• [Exercise instructions]:
Among the lines of the entries below, count those containing the word "IfOk" and answer with the number only.

Stored items
//! The values of a lockfile's table, and the parts of a lockfile, in which the crate above passes
//! them.

ghost use Rattle.std.specs.Prelude.{◌≡◌, IfOk, IsOkUnless, option_map};
ghost use Rattle.cargo_lock_parts.specs.declared.error.Error.TheVariants.{Memory};
ghost use Rattle.cargo_lock_parts.specs.Checksum.{digest_of};
ghost use Rattle.cargo_lock_references.specs.LeastKey.{IsFoundAtLeastKey};
ghost use Rattle.cargo_lock_references.specs.Metadata.{checksum_in};

use cargo_lock_parts::error::Result;
use cargo_lock_parts::package::{Checksum, Package};
use cargo_lock_parts::patch::Patch;
use cargo_lock_references::checksums::find_checksum;
use cargo_lock_references::{EncodablePackage, Metadata, ResolveVersion};
use std::alloc::Global;
use std::marker::Model;

/// A lockfile as its table has it: its references are not resolved yet, and its format is a number.
#[derive(Debug, Drop)]
pub struct EncodableLockfile {
    /// The number under `version`, if there is one.
    pub version: Option<i64>,

    /// The packages.
    pub package: Vec<EncodablePackage>,

    /// The root package, if the table has it separate from the others, as old lockfiles do.
    pub root: Option<EncodablePackage>,

    /// The metadata.
    pub metadata: Metadata,

    /// The patches that no package uses.
    pub patch: Patch,
}

impl Model for EncodableLockfile {
    ghost use Rattle.std.specs.Coded.{codes};
    ghost use Rattle.cargo_lock_references.specs.Records.{texts_code, texts_of};
    ghost use Rattle.cargo_lock_encoding.specs.Lockfiles.{EncodedData};

    ghost Value = { EncodedData };

    ghost coded = { Prim.hlevel (codes, texts_code) };

    ghost view = { λ e. record {
      version = e.version;
      packages = e.«package».items;
      root = e.root;
      metadata = texts_of e.metadata.entries;
      patch = e.patch;
    } };
}

impl EncodableLockfile {
    /// The checksum in the metadata for a package: the value at the first key, in byte order, that
    /// reads as the package's name and version. Keys that do not read are ignored, and a value that
    /// is not a checksum counts as no checksum. The one error is `Memory`, which is also the error
    /// for a key with a URL of 4 GB or more.
    pub fn find_checksum(&self, alloc: Global, package: &Package) -> Result<Option<Checksum>>
        ensures ok { IfOk result (λ found. option_map digest_of found
            ≡ checksum_in self.now.metadata «package».now.name «package».now.version) }
        ensures least { IfOk result (λ found. IsFoundAtLeastKey self.now.metadata «package».now.name
            «package».now.version (option_map digest_of found)) }
        ensures err { IsOkUnless result Memory }
    {
        let found = find_checksum(alloc, &self.metadata, &package.name, &package.version)?;
        Ok(found)
    }
}

/// The parts of a lockfile, borrowed; its references are resolved.
#[derive(Drop)]
pub struct LockfileRef<'a> {
    /// The format.
    pub version: ResolveVersion,

    /// The packages.
    pub packages: &'a [Package],

    /// The root package.
    pub root: &'a Option<Package>,

    /// The metadata.
    pub metadata: &'a Metadata,

    /// The patches that no package uses.
    pub patch: &'a Patch,
}

impl<'a> Model for LockfileRef<'a> {
    ghost use Rattle.std.specs.Coded.{codes};
    ghost use Rattle.cargo_lock_references.specs.Records.{texts_code, texts_of};
    ghost use Rattle.cargo_lock_encoding.specs.Lockfiles.{LockfileData};

    ghost Value = { LockfileData };

    ghost coded = { Prim.hlevel (codes, texts_code) };

    ghost view = { λ l. record {
      version = l.version;
      packages = l.packages.now;
      root = l.root.now;
      metadata = texts_of l.metadata.now.entries;
      patch = l.patch.now;
    } };
}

• [Exercise result]:
3